WHAT TO WORK ON: The exercise calls for every entry that follows to be repeated exactly.

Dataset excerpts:
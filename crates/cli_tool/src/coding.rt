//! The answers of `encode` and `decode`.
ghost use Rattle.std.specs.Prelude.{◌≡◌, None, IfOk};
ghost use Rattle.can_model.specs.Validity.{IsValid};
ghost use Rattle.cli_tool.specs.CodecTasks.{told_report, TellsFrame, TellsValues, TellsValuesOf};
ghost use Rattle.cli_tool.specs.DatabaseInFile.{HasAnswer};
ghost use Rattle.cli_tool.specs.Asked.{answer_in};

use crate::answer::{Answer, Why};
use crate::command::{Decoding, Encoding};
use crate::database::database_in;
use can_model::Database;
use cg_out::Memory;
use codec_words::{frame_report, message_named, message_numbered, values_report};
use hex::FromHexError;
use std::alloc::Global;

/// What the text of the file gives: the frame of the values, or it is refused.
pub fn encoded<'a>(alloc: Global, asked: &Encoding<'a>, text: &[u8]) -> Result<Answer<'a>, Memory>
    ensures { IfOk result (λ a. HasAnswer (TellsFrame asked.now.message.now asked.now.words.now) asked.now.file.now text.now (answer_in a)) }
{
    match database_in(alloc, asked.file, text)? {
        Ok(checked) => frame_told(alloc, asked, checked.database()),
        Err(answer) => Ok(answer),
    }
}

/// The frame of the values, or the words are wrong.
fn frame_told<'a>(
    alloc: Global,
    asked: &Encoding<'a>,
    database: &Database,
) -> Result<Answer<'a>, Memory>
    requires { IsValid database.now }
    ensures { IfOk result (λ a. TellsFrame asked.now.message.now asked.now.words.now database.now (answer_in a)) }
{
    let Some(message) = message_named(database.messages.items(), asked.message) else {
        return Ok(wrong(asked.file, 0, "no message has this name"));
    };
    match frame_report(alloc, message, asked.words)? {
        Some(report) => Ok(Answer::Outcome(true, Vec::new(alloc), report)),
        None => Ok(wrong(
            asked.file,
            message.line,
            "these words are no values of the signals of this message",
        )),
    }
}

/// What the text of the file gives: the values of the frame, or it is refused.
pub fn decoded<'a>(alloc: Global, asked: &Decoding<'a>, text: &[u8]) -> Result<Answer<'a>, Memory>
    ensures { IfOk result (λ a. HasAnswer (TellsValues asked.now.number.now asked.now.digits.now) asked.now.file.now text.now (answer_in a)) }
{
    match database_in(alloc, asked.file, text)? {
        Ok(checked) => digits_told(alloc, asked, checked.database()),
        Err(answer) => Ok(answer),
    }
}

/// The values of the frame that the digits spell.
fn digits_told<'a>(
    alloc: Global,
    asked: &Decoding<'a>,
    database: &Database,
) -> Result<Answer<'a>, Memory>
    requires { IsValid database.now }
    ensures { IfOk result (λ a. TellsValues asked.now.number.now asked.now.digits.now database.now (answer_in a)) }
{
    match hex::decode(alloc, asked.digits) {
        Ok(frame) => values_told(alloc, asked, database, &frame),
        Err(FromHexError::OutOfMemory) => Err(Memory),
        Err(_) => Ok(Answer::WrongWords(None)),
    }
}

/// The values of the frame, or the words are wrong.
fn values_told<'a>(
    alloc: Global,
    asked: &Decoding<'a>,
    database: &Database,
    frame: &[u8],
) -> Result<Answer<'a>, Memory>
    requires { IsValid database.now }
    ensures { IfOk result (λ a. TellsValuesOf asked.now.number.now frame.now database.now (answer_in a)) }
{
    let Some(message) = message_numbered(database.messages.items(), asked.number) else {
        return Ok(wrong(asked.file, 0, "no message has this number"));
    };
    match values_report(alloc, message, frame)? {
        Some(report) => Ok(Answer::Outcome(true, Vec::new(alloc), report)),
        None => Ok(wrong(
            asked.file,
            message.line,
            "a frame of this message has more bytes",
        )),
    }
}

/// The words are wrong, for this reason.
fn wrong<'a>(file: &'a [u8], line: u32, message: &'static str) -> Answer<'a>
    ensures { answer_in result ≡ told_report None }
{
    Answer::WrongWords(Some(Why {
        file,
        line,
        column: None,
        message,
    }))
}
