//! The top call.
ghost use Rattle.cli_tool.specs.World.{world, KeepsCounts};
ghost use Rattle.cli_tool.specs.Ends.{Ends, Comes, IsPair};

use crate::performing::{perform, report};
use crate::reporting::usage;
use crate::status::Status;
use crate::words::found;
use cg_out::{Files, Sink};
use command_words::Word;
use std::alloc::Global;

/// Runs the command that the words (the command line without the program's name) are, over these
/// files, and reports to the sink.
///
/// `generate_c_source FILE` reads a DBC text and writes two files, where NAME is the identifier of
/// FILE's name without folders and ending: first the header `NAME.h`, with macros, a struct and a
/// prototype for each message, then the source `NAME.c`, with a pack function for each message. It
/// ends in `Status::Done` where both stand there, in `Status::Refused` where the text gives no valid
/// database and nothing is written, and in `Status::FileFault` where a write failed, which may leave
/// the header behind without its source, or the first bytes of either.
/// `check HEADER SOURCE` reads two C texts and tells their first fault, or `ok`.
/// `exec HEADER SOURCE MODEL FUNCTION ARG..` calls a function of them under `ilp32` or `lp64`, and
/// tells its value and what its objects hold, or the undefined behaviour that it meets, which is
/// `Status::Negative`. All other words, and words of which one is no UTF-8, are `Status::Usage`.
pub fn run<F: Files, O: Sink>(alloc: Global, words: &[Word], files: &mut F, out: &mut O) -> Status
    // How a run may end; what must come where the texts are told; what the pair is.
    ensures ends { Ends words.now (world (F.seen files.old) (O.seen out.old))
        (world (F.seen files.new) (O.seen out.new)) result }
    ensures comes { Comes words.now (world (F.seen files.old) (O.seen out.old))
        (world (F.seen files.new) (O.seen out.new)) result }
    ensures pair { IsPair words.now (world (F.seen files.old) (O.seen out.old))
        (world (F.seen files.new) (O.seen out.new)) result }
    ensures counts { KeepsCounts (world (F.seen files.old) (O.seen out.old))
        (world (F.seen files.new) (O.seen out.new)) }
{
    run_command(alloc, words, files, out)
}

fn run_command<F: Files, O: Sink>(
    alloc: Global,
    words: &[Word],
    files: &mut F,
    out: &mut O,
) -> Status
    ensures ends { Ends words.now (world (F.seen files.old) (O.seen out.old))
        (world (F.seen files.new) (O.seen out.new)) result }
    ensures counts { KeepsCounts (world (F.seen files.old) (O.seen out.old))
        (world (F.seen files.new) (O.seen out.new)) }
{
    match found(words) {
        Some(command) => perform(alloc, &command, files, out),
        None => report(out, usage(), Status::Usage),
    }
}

EXPECTED ANSWER:
filename crates/cli_tool/src/coding.rt
//! The answers of `encode` and `decode`.
ghost use Rattle.std.specs.Prelude.{◌≡◌, None, IfOk};
ghost use Rattle.can_model.specs.Validity.{IsValid};
ghost use Rattle.cli_tool.specs.CodecTasks.{told_report, TellsFrame, TellsValues, TellsValuesOf};
ghost use Rattle.cli_tool.specs.DatabaseInFile.{HasAnswer};
ghost use Rattle.cli_tool.specs.Asked.{answer_in};

use crate::answer::{Answer, Why};
use crate::command::{Decoding, Encoding};
use crate::database::database_in;
use can_model::Database;
use cg_out::Memory;
use codec_words::{frame_report, message_named, message_numbered, values_report};
use hex::FromHexError;
use std::alloc::Global;

/// What the text of the file gives: the frame of the values, or it is refused.
pub fn encoded<'a>(alloc: Global, asked: &Encoding<'a>, text: &[u8]) -> Result<Answer<'a>, Memory>
    ensures { IfOk result (λ a. HasAnswer (TellsFrame asked.now.message.now asked.now.words.now) asked.now.file.now text.now (answer_in a)) }
{
    match database_in(alloc, asked.file, text)? {
        Ok(checked) => frame_told(alloc, asked, checked.database()),
        Err(answer) => Ok(answer),
    }
}

/// The frame of the values, or the words are wrong.
fn frame_told<'a>(
    alloc: Global,
    asked: &Encoding<'a>,
    database: &Database,
) -> Result<Answer<'a>, Memory>
    requires { IsValid database.now }
    ensures { IfOk result (λ a. TellsFrame asked.now.message.now asked.now.words.now database.now (answer_in a)) }
{
    let Some(message) = message_named(database.messages.items(), asked.message) else {
        return Ok(wrong(asked.file, 0, "no message has this name"));
    };
    match frame_report(alloc, message, asked.words)? {
        Some(report) => Ok(Answer::Outcome(true, Vec::new(alloc), report)),
        None => Ok(wrong(
            asked.file,
            message.line,
            "these words are no values of the signals of this message",
        )),
    }
}

/// What the text of the file gives: the values of the frame, or it is refused.
pub fn decoded<'a>(alloc: Global, asked: &Decoding<'a>, text: &[u8]) -> Result<Answer<'a>, Memory>
    ensures { IfOk result (λ a. HasAnswer (TellsValues asked.now.number.now asked.now.digits.now) asked.now.file.now text.now (answer_in a)) }
{
    match database_in(alloc, asked.file, text)? {
        Ok(checked) => digits_told(alloc, asked, checked.database()),
        Err(answer) => Ok(answer),
    }
}

/// The values of the frame that the digits spell.
fn digits_told<'a>(
    alloc: Global,
    asked: &Decoding<'a>,
    database: &Database,
) -> Result<Answer<'a>, Memory>
    requires { IsValid database.now }
    ensures { IfOk result (λ a. TellsValues asked.now.number.now asked.now.digits.now database.now (answer_in a)) }
{
    match hex::decode(alloc, asked.digits) {
        Ok(frame) => values_told(alloc, asked, database, &frame),
        Err(FromHexError::OutOfMemory) => Err(Memory),
        Err(_) => Ok(Answer::WrongWords(None)),
    }
}

/// The values of the frame, or the words are wrong.
fn values_told<'a>(
    alloc: Global,
    asked: &Decoding<'a>,
    database: &Database,
    frame: &[u8],
) -> Result<Answer<'a>, Memory>
    requires { IsValid database.now }
    ensures { IfOk result (λ a. TellsValuesOf asked.now.number.now frame.now database.now (answer_in a)) }
{
    let Some(message) = message_numbered(database.messages.items(), asked.number) else {
        return Ok(wrong(asked.file, 0, "no message has this number"));
    };
    match values_report(alloc, message, frame)? {
        Some(report) => Ok(Answer::Outcome(true, Vec::new(alloc), report)),
        None => Ok(wrong(
            asked.file,
            message.line,
            "a frame of this message has more bytes",
        )),
    }
}

/// The words are wrong, for this reason.
fn wrong<'a>(file: &'a [u8], line: u32, message: &'static str) -> Answer<'a>
    ensures { answer_in result ≡ told_report None }
{
    Answer::WrongWords(Some(Why {
        file,
        line,
        column: None,
        message,
    }))
}
//! The top call.
ghost use Rattle.cli_tool.specs.World.{world, KeepsCounts};
ghost use Rattle.cli_tool.specs.Ends.{Ends, Comes, IsPair};

use crate::performing::{perform, report};
use crate::reporting::usage;
use crate::status::Status;
use crate::words::found;
use cg_out::{Files, Sink};
use command_words::Word;
use std::alloc::Global;

/// Runs the command that the words (the command line without the program's name) are, over these
/// files, and reports to the sink.
///
/// `generate_c_source FILE` reads a DBC text and writes two files, where NAME is the identifier of
/// FILE's name without folders and ending: first the header `NAME.h`, with macros, a struct and a
/// prototype for each message, then the source `NAME.c`, with a pack function for each message. It
/// ends in `Status::Done` where both stand there, in `Status::Refused` where the text gives no valid
/// database and nothing is written, and in `Status::FileFault` where a write failed, which may leave
/// the header behind without its source, or the first bytes of either.
/// `check HEADER SOURCE` reads two C texts and tells their first fault, or `ok`.
/// `exec HEADER SOURCE MODEL FUNCTION ARG..` calls a function of them under `ilp32` or `lp64`, and
/// tells its value and what its objects hold, or the undefined behaviour that it meets, which is
/// `Status::Negative`. All other words, and words of which one is no UTF-8, are `Status::Usage`.
pub fn run<F: Files, O: Sink>(alloc: Global, words: &[Word], files: &mut F, out: &mut O) -> Status
    // How a run may end; what must come where the texts are told; what the pair is.
    ensures ends { Ends words.now (world (F.seen files.old) (O.seen out.old))
        (world (F.seen files.new) (O.seen out.new)) result }
    ensures comes { Comes words.now (world (F.seen files.old) (O.seen out.old))
        (world (F.seen files.new) (O.seen out.new)) result }
    ensures pair { IsPair words.now (world (F.seen files.old) (O.seen out.old))
        (world (F.seen files.new) (O.seen out.new)) result }
    ensures counts { KeepsCounts (world (F.seen files.old) (O.seen out.old))
        (world (F.seen files.new) (O.seen out.new)) }
{
    run_command(alloc, words, files, out)
}

fn run_command<F: Files, O: Sink>(
    alloc: Global,
    words: &[Word],
    files: &mut F,
    out: &mut O,
) -> Status
    ensures ends { Ends words.now (world (F.seen files.old) (O.seen out.old))
        (world (F.seen files.new) (O.seen out.new)) result }
    ensures counts { KeepsCounts (world (F.seen files.old) (O.seen out.old))
        (world (F.seen files.new) (O.seen out.new)) }
{
    match found(words) {
        Some(command) => perform(alloc, &command, files, out),
        None => report(out, usage(), Status::Usage),
    }
}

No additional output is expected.